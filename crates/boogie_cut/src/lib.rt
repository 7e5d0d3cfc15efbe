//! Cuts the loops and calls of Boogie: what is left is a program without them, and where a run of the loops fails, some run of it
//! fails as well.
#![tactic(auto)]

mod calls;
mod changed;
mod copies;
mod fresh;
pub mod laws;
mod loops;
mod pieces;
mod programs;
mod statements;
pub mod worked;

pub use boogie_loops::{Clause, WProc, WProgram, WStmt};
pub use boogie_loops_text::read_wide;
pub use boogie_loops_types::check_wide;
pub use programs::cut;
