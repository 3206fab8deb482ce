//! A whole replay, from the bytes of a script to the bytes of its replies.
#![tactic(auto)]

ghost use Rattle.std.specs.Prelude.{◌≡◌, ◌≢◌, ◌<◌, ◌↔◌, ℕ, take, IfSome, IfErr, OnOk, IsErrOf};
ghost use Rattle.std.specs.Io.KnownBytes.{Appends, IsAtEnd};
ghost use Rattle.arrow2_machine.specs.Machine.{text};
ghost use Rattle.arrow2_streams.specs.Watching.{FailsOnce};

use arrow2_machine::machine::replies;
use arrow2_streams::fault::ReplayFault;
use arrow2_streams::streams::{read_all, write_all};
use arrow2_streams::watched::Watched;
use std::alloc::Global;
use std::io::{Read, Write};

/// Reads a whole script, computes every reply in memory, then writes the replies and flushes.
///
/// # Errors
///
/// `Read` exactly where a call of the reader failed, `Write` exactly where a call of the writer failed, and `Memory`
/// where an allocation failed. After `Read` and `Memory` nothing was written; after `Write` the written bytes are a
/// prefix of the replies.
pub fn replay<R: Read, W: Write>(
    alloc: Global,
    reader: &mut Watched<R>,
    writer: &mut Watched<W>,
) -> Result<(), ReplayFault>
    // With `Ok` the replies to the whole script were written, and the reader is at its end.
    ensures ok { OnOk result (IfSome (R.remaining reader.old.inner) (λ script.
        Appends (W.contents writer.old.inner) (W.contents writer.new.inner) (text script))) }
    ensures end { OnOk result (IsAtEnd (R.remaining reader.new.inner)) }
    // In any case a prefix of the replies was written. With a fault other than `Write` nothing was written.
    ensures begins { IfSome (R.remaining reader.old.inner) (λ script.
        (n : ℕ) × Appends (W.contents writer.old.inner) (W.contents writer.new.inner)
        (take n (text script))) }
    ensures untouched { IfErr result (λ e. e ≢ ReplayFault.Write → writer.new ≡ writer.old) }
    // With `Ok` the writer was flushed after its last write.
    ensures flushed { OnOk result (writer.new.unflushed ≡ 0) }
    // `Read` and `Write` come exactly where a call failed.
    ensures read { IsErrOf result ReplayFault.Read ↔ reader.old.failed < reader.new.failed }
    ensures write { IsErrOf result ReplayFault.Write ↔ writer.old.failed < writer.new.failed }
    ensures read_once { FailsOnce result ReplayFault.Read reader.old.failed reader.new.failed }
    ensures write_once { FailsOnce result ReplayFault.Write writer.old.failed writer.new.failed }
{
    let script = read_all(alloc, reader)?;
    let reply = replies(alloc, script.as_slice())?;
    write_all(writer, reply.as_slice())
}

• What to do: Restate word for word each line of the data from the one with "IsErrOf result ReplayFault.Write" to the last, keeping both ends.

• Finished exercise:
    ensures write { IsErrOf result ReplayFault.Write ↔ writer.old.failed < writer.new.failed }
    ensures read_once { FailsOnce result ReplayFault.Read reader.old.failed reader.new.failed }
    ensures write_once { FailsOnce result ReplayFault.Write writer.old.failed writer.new.failed }
{
    let script = read_all(alloc, reader)?;
    let reply = replies(alloc, script.as_slice())?;
    write_all(writer, reply.as_slice())
}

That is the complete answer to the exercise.